Problem requirements: When you copy the entries, keep every word exactly as it stands.
═════ Source material ═════
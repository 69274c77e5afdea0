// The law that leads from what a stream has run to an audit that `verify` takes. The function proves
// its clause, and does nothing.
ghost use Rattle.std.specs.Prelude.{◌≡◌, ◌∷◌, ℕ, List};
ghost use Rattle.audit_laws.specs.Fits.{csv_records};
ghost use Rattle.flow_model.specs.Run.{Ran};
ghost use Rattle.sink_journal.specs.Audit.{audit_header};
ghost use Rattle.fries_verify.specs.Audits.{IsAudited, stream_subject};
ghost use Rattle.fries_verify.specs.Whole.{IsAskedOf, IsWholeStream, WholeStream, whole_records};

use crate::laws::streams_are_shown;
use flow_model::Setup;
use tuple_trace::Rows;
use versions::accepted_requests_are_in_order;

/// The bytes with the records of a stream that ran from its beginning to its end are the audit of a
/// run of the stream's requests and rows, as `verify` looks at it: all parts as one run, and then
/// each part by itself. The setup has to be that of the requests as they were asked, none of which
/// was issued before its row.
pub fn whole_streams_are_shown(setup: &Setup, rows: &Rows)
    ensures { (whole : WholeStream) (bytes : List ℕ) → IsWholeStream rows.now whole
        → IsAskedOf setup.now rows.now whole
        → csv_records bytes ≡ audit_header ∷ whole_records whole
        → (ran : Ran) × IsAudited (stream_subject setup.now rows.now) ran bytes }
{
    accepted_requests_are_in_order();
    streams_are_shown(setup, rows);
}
═════
Solved exercise:
repository 69274c77e5afdea0
// The law that leads from what a stream has run to an audit that `verify` takes. The function proves
// its clause, and does nothing.
ghost use Rattle.std.specs.Prelude.{◌≡◌, ◌∷◌, ℕ, List};
ghost use Rattle.audit_laws.specs.Fits.{csv_records};
ghost use Rattle.flow_model.specs.Run.{Ran};
ghost use Rattle.sink_journal.specs.Audit.{audit_header};
ghost use Rattle.fries_verify.specs.Audits.{IsAudited, stream_subject};
ghost use Rattle.fries_verify.specs.Whole.{IsAskedOf, IsWholeStream, WholeStream, whole_records};

use crate::laws::streams_are_shown;
use flow_model::Setup;
use tuple_trace::Rows;
use versions::accepted_requests_are_in_order;

/// The bytes with the records of a stream that ran from its beginning to its end are the audit of a
/// run of the stream's requests and rows, as `verify` looks at it: all parts as one run, and then
/// each part by itself. The setup has to be that of the requests as they were asked, none of which
/// was issued before its row.
pub fn whole_streams_are_shown(setup: &Setup, rows: &Rows)
    ensures { (whole : WholeStream) (bytes : List ℕ) → IsWholeStream rows.now whole
        → IsAskedOf setup.now rows.now whole
        → csv_records bytes ≡ audit_header ∷ whole_records whole
        → (ran : Ran) × IsAudited (stream_subject setup.now rows.now) ran bytes }
{
    accepted_requests_are_in_order();
    streams_are_shown(setup, rows);
}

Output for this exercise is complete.